ANNIVERSARY / LIBER AMICORUM
The author analyzes K.D. Ushinsky’s views on personality, its numerous and multifaceted interests, cameralism and civil law from the little-known legal works written by K.D. Ushinsky in the first years after graduating from the Faculty of Law of Moscow University, namely three years of his serving as a professor of the Demidovsky Law Lyceum in Yaroslavl. In this regard, the general conditions of teaching at that higher educational institution and the range of disciplines taught, the few surviving sources of Ushinsky’s lecture activity of this period and his speech «On cameral education» at the solemn meeting of the Demidovsky Lyceum are briefly considered. Special attention is given to Ushinsky’s astute conclusion that convenient rules took the place of laws in German cameralistics of that time. This opinion is especially relevant today, because it shows that the desire of Western countries to start living not according to the norms of international law, but according to the rules established by them, did not arise today.

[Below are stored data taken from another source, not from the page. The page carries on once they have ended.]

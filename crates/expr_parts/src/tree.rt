//! Trees from their parts. What is read on the way is boxed here, where it is made.
ghost use Rattle.std.specs.Prelude.{◌≡◌, ◌++◌, ◌∷◌, [], IfOk};
ghost use Rattle.hs_syntax.specs.Made as made;
ghost use Rattle.expr_parts.specs.Expressions as spec;

use crate::piece::{Body, Chain, Operand, Part};
use hs_syntax::expr_tree::{
    AexpTree, AltTree, ArmTree, ChainTree, Clause, ClosedTree, DeclTree, ExprTree, FbindTree,
    GuardTree, LastTree, LinkTree, OpenTree, QualTree, RhsTree, StmtTree, UpdateTree,
};
use hs_syntax::name_ref::{NameRef, QopTree};
use hs_syntax::pattern_tree::{LhsTree, PatTree};
use hs_syntax::type_tree::QualifiedType;
use mk_base::memory::NoMemory;
use mk_base::place::Pos;
use sqlite_items::{Boxed, Items};
use std::alloc::Global;

/// `chain [:: [context =>] type]`
pub fn expr_of(
    alloc: Global,
    at: Pos,
    chain: Boxed<ChainTree>,
    ty: Option<Boxed<QualifiedType>>,
) -> Result<Boxed<ExprTree>, NoMemory>
    ensures { IfOk result (λ e. e ≡ made.expr_tree at chain ty) }
{
    let chain = chain.into_inner();
    let made = Boxed::new(alloc, ExprTree { at, chain, ty })?;
    Ok(made)
}

/// An operand of a chain and the operator behind it, put behind the links.
pub fn push_link(
    links: &mut Vec<LinkTree>,
    at: Pos,
    minus: bool,
    operand: Boxed<ClosedTree>,
    op: QopTree,
) -> Result<(), NoMemory>
    ensures { IfOk result (λ u. links.new.items ≡ links.old.items ++ made.link_tree at minus operand op ∷ []) }
{
    let operand = operand.into_inner();
    links.push(LinkTree {
        at,
        minus,
        operand,
        op,
    })?;
    Ok(())
}

/// A chain whose last operand, at a place, is open.
pub fn open_chain(
    alloc: Global,
    at: Pos,
    links: Vec<LinkTree>,
    place: Pos,
    minus: bool,
    operand: OpenTree,
) -> Result<Chain, NoMemory>
    ensures { IfOk result (λ c. c ≡ spec.open_chain at links.items place minus operand) }
{
    let last = LastTree::Open {
        at: place,
        minus,
        operand,
    };
    let links = Items::from_vec(links);
    let tree = Boxed::new(alloc, ChainTree { at, links, last })?;
    Ok(Chain {
        tree,
        is_open: true,
    })
}

/// A chain whose last operand, at a place, is closed.
pub fn closed_chain(
    alloc: Global,
    at: Pos,
    links: Vec<LinkTree>,
    place: Pos,
    minus: bool,
    operand: Boxed<ClosedTree>,
) -> Result<Chain, NoMemory>
    ensures { IfOk result (λ c. c ≡ spec.closed_chain at links.items place minus operand) }
{
    let last = LastTree::Closed {
        at: place,
        minus,
        operand: operand.into_inner(),
    };
    let links = Items::from_vec(links);
    let tree = Boxed::new(alloc, ChainTree { at, links, last })?;
    Ok(Chain {
        tree,
        is_open: false,
    })
}

/// `let block(decl) in exp` as a chain.
pub fn let_chain(
    alloc: Global,
    at: Pos,
    decls: Items<DeclTree>,
    body: Boxed<ExprTree>,
) -> Result<Boxed<ChainTree>, NoMemory>
    ensures { IfOk result (λ c. c ≡ spec.let_chain at decls body) }
{
    let last = LastTree::Open {
        at,
        minus: false,
        operand: OpenTree::Let { at, decls, body },
    };
    let links = Items::new(alloc);
    let tree = Boxed::new(alloc, ChainTree { at, links, last })?;
    Ok(tree)
}

/// `let block(decl) in exp` as an expression that is a qualifier or a statement.
pub fn let_test(
    alloc: Global,
    at: Pos,
    decls: Items<DeclTree>,
    body: Boxed<ExprTree>,
) -> Result<Part, NoMemory>
    ensures { IfOk result (λ p. p ≡ spec.let_test at decls body) }
{
    let chain = let_chain(alloc, at, decls, body)?;
    let exp = expr_of(alloc, at, chain, None)?;
    Ok(Part::Test(exp))
}

/// `case exp of block(alt)`
pub fn case_of(
    alloc: Global,
    at: Pos,
    subject: Boxed<ExprTree>,
    alts: Vec<AltTree>,
) -> Result<Operand, NoMemory>
    ensures { IfOk result (λ o. o ≡ spec.case_operand at subject alts.items) }
{
    let alts = Items::from_vec(alts);
    let made = Boxed::new(alloc, ClosedTree::Case { at, subject, alts })?;
    Ok(Operand::Closed(made))
}

/// `do block(stmt)`
pub fn do_of(alloc: Global, at: Pos, stmts: Vec<StmtTree>) -> Result<Operand, NoMemory>
    ensures { IfOk result (λ o. o ≡ spec.do_operand at stmts.items) }
{
    let stmts = Items::from_vec(stmts);
    let made = Boxed::new(alloc, ClosedTree::Do { at, stmts })?;
    Ok(Operand::Closed(made))
}

/// `aexp {aexp}`
pub fn apply_of(
    alloc: Global,
    at: Pos,
    head: Boxed<AexpTree>,
    args: Vec<AexpTree>,
) -> Result<Operand, NoMemory>
    ensures { IfOk result (λ o. o ≡ spec.apply_operand at head args.items) }
{
    let head = head.into_inner();
    let args = Items::from_vec(args);
    let made = Boxed::new(alloc, ClosedTree::Apply { at, head, args })?;
    Ok(Operand::Closed(made))
}

/// An argument, put behind those before it.
pub fn push_arg(args: &mut Vec<AexpTree>, arg: Boxed<AexpTree>) -> Result<(), NoMemory>
    ensures { IfOk result (λ u. args.new.items ≡ args.old.items ++ arg ∷ []) }
{
    args.push(arg.into_inner())?;
    Ok(())
}

/// An expression, put behind those before it.
pub fn push_exp(parts: &mut Vec<ExprTree>, part: Boxed<ExprTree>) -> Result<(), NoMemory>
    ensures { IfOk result (λ u. parts.new.items ≡ parts.old.items ++ part ∷ []) }
{
    parts.push(part.into_inner())?;
    Ok(())
}

/// One expression alone.
pub fn one_exp(alloc: Global, part: Boxed<ExprTree>) -> Result<Vec<ExprTree>, NoMemory>
    ensures { IfOk result (λ v. v.items ≡ part ∷ []) }
{
    let mut parts = Vec::new(alloc);
    parts.push(part.into_inner())?;
    Ok(parts)
}

/// Two expressions.
pub fn two_exps(
    alloc: Global,
    first: Boxed<ExprTree>,
    second: Boxed<ExprTree>,
) -> Result<Vec<ExprTree>, NoMemory>
    ensures { IfOk result (λ v. v.items ≡ first ∷ second ∷ []) }
{
    let mut parts = one_exp(alloc, first)?;
    push_exp(&mut parts, second)?;
    Ok(parts)
}

/// `( exp {, exp} )`
pub fn tuple_of(alloc: Global, at: Pos, parts: Items<ExprTree>) -> Result<Boxed<AexpTree>, NoMemory>
    ensures { IfOk result (λ x. x ≡ spec.tuple_of at parts) }
{
    let made = Boxed::new(alloc, AexpTree::Tuple { at, parts })?;
    Ok(made)
}

/// `[ exp {, exp} ]`
pub fn list_of(alloc: Global, at: Pos, parts: Items<ExprTree>) -> Result<Boxed<AexpTree>, NoMemory>
    ensures { IfOk result (λ x. x ≡ spec.list_of at parts) }
{
    let made = Boxed::new(alloc, AexpTree::List { at, parts })?;
    Ok(made)
}

/// `[ exp ]`
pub fn lone_list_of(
    alloc: Global,
    at: Pos,
    part: Boxed<ExprTree>,
) -> Result<Boxed<AexpTree>, NoMemory>
    ensures { IfOk result (λ x. x ≡ spec.list_of at (part ∷ [])) }
{
    let parts = one_exp(alloc, part)?;
    list_of(alloc, at, Items::from_vec(parts))
}

/// `[ exp [, exp] .. [exp] ]`
pub fn range_of(
    alloc: Global,
    at: Pos,
    from: Boxed<ExprTree>,
    then: Option<Boxed<ExprTree>>,
    to: Option<Boxed<ExprTree>>,
) -> Result<Boxed<AexpTree>, NoMemory>
    ensures { IfOk result (λ x. x ≡ spec.range_of at from then to) }
{
    let made = Boxed::new(alloc, AexpTree::Range { at, from, then, to })?;
    Ok(made)
}

/// `[ exp | qual {, qual} ]`
pub fn comprehension_of(
    alloc: Global,
    at: Pos,
    body: Boxed<ExprTree>,
    quals: Items<QualTree>,
) -> Result<Boxed<AexpTree>, NoMemory>
    ensures { IfOk result (λ x. x ≡ spec.comprehension_of at body quals) }
{
    let made = Boxed::new(alloc, AexpTree::Comprehension { at, body, quals })?;
    Ok(made)
}

/// `( chain qop )`
pub fn left_section_of(
    alloc: Global,
    at: Pos,
    chain: Boxed<ChainTree>,
    op: QopTree,
) -> Result<Boxed<AexpTree>, NoMemory>
    ensures { IfOk result (λ x. x ≡ spec.left_section_of at chain op) }
{
    let made = Boxed::new(alloc, AexpTree::LeftSection { at, chain, op })?;
    Ok(made)
}

/// `( qop chain )`
pub fn right_section_of(
    alloc: Global,
    at: Pos,
    op: QopTree,
    chain: Boxed<ChainTree>,
) -> Result<Boxed<AexpTree>, NoMemory>
    ensures { IfOk result (λ x. x ≡ spec.right_section_of at op chain) }
{
    let made = Boxed::new(alloc, AexpTree::RightSection { at, op, chain })?;
    Ok(made)
}

/// A record with the updates behind it: itself, where there are none.
pub fn updated(
    alloc: Global,
    at: Pos,
    tree: Boxed<AexpTree>,
    updates: Vec<UpdateTree>,
) -> Result<Boxed<AexpTree>, NoMemory>
    ensures { IfOk result (λ x. x ≡ spec.updated at tree updates.items) }
{
    if updates.is_empty() {
        return Ok(tree);
    }
    let updates = Items::from_vec(updates);
    let made = Boxed::new(
        alloc,
        AexpTree::Update {
            at,
            record: tree,
            updates,
        },
    )?;
    Ok(made)
}

/// `{ fbind {, fbind} }`, put behind the updates before it.
pub fn push_update(
    updates: &mut Vec<UpdateTree>,
    at: Pos,
    fields: Items<FbindTree>,
) -> Result<(), NoMemory>
    ensures { IfOk result (λ u. updates.new.items ≡ updates.old.items ++ made.update_tree at fields ∷ []) }
{
    updates.push(UpdateTree { at, fields })?;
    Ok(())
}

/// `qvar = exp`, put behind the fields before it.
pub fn push_field(
    fields: &mut Vec<FbindTree>,
    at: Pos,
    name: NameRef,
    exp: Boxed<ExprTree>,
) -> Result<(), NoMemory>
    ensures { IfOk result (λ u. fields.new.items ≡ fields.old.items ++ made.fbind_tree at name exp ∷ []) }
{
    let exp = exp.into_inner();
    fields.push(FbindTree { at, name, exp })?;
    Ok(())
}

/// A qualifier at a place.
fn qual_of(at: Pos, part: Part) -> QualTree
    ensures { result ≡ spec.qual_of at part }
{
    match part {
        Part::Bind(pattern, exp) => QualTree::Bind {
            at,
            pattern: pattern.into_inner(),
            exp: exp.into_inner(),
        },
        Part::Let(decls) => QualTree::Let { at, decls },
        Part::Test(exp) => QualTree::Test {
            at,
            exp: exp.into_inner(),
        },
    }
}

/// A qualifier, put behind those before it.
pub fn push_qual(quals: &mut Vec<QualTree>, at: Pos, part: Part) -> Result<(), NoMemory>
    ensures { IfOk result (λ u. quals.new.items ≡ quals.old.items ++ spec.qual_of at part ∷ []) }
{
    quals.push(qual_of(at, part))?;
    Ok(())
}

/// A statement at a place.
fn stmt_of(at: Pos, part: Part) -> StmtTree
    ensures { result ≡ spec.stmt_of at part }
{
    match part {
        Part::Bind(pattern, exp) => StmtTree::Bind {
            at,
            pattern: pattern.into_inner(),
            exp: exp.into_inner(),
        },
        Part::Let(decls) => StmtTree::Let { at, decls },
        Part::Test(exp) => StmtTree::Exp {
            at,
            exp: exp.into_inner(),
        },
    }
}

/// Whether a statement is an expression.
pub fn is_test(part: &Part) -> bool
    ensures { result ≡ spec.is_test part.now }
{
    match part {
        Part::Bind(_, _) => false,
        Part::Let(_) => false,
        Part::Test(_) => true,
    }
}

/// A statement, put behind those before it.
pub fn push_stmt(stmts: &mut Vec<StmtTree>, at: Pos, part: Part) -> Result<(), NoMemory>
    ensures { IfOk result (λ u. stmts.new.items ≡ stmts.old.items ++ spec.stmt_of at part ∷ []) }
{
    stmts.push(stmt_of(at, part))?;
    Ok(())
}

/// `= exp [where block(decl)]`, or arms.
fn rhs_of(at: Pos, body: Body) -> RhsTree
    ensures { result ≡ spec.rhs_of at body }
{
    match body {
        Body::Plain(body, locals) => RhsTree::Plain {
            at,
            body: body.into_inner(),
            locals,
        },
        Body::Guarded(arms, locals) => RhsTree::Guarded { at, arms, locals },
    }
}

/// `lhs rhs`, where the right side has a place of its own.
pub fn clause_of(
    alloc: Global,
    at: Pos,
    lhs: LhsTree,
    place: Pos,
    body: Body,
) -> Result<Boxed<Clause>, NoMemory>
    ensures { IfOk result (λ c. c ≡ made.clause at lhs (spec.rhs_of place body)) }
{
    let rhs = rhs_of(place, body);
    let made = Boxed::new(alloc, Clause { at, lhs, rhs })?;
    Ok(made)
}

/// A clause as a declaration.
pub fn clause_decl(
    alloc: Global,
    at: Pos,
    clause: Boxed<Clause>,
) -> Result<Boxed<DeclTree>, NoMemory>
    ensures { IfOk result (λ d. d ≡ spec.clause_decl at clause) }
{
    let clause = clause.into_inner();
    let made = Boxed::new(alloc, DeclTree::Clause { at, clause })?;
    Ok(made)
}

/// A declaration, put behind those before it.
pub fn push_decl(decls: &mut Vec<DeclTree>, decl: Boxed<DeclTree>) -> Result<(), NoMemory>
    ensures { IfOk result (λ u. decls.new.items ≡ decls.old.items ++ decl ∷ []) }
{
    decls.push(decl.into_inner())?;
    Ok(())
}

/// A pattern with what stands behind it, as an alternative.
pub fn alt_of(
    alloc: Global,
    at: Pos,
    pattern: Boxed<PatTree>,
    body: Body,
) -> Result<Boxed<AltTree>, NoMemory>
    ensures { IfOk result (λ x. x ≡ spec.alt_of at pattern body) }
{
    let pattern = pattern.into_inner();
    let alt = match body {
        Body::Plain(body, locals) => AltTree::Plain {
            at,
            pattern,
            body: body.into_inner(),
            locals,
        },
        Body::Guarded(arms, locals) => AltTree::Guarded {
            at,
            pattern,
            arms,
            locals,
        },
    };
    let made = Boxed::new(alloc, alt)?;
    Ok(made)
}

/// An alternative, put behind those before it.
pub fn push_alt(alts: &mut Vec<AltTree>, alt: Boxed<AltTree>) -> Result<(), NoMemory>
    ensures { IfOk result (λ u. alts.new.items ≡ alts.old.items ++ alt ∷ []) }
{
    alts.push(alt.into_inner())?;
    Ok(())
}

/// Guards, and what holds where they do.
pub fn arm_of(
    alloc: Global,
    at: Pos,
    guards: Items<GuardTree>,
    body: Boxed<ExprTree>,
) -> Result<Boxed<ArmTree>, NoMemory>
    ensures { IfOk result (λ x. x ≡ made.arm_tree at guards body) }
{
    let body = body.into_inner();
    let made = Boxed::new(alloc, ArmTree { at, guards, body })?;
    Ok(made)
}

/// An arm, put behind those before it.
pub fn push_arm(arms: &mut Vec<ArmTree>, arm: Boxed<ArmTree>) -> Result<(), NoMemory>
    ensures { IfOk result (λ u. arms.new.items ≡ arms.old.items ++ arm ∷ []) }
{
    arms.push(arm.into_inner())?;
    Ok(())
}

/// `pattern <- chain`
pub fn bind_guard(
    alloc: Global,
    at: Pos,
    pattern: Boxed<PatTree>,
    chain: Chain,
) -> Result<Boxed<GuardTree>, NoMemory>
    ensures { IfOk result (λ g. g ≡ spec.bind_guard at pattern chain) }
{
    let pattern = pattern.into_inner();
    let chain = chain.tree.into_inner();
    let made = Boxed::new(alloc, GuardTree::Bind { at, pattern, chain })?;
    Ok(made)
}

/// A chain as a guard.
pub fn test_guard(
    alloc: Global,
    at: Pos,
    chain: Boxed<ChainTree>,
) -> Result<Boxed<GuardTree>, NoMemory>
    ensures { IfOk result (λ g. g ≡ spec.test_guard at chain) }
{
    let chain = chain.into_inner();
    let made = Boxed::new(alloc, GuardTree::Test { at, chain })?;
    Ok(made)
}

/// `let block(decl)` as a guard.
pub fn let_guard(
    alloc: Global,
    at: Pos,
    decls: Items<DeclTree>,
) -> Result<Boxed<GuardTree>, NoMemory>
    ensures { IfOk result (λ g. g ≡ spec.let_guard_of at decls) }
{
    let made = Boxed::new(alloc, GuardTree::Let { at, decls })?;
    Ok(made)
}

/// A guard, put behind those before it.
pub fn push_guard(guards: &mut Vec<GuardTree>, guard: Boxed<GuardTree>) -> Result<(), NoMemory>
    ensures { IfOk result (λ u. guards.new.items ≡ guards.old.items ++ guard ∷ []) }
{
    guards.push(guard.into_inner())?;
    Ok(())
}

The modern political, diplomatic, legal, and economic reality is literally oversaturated with facts of illegal sanctions, asset freezes, property seizures, and other illegal actions of the United States and a number of other Western countries against Russia and other independent states, as well as citizens of these states. Ushinsky’s analysis of German cameralism clearly shows that the use by Western countries of «rules convenient for them» instead of laws is by no means a modern «invention», but a constantly developing process, the foundation of which was laid by Western political and legal thought several centuries ago.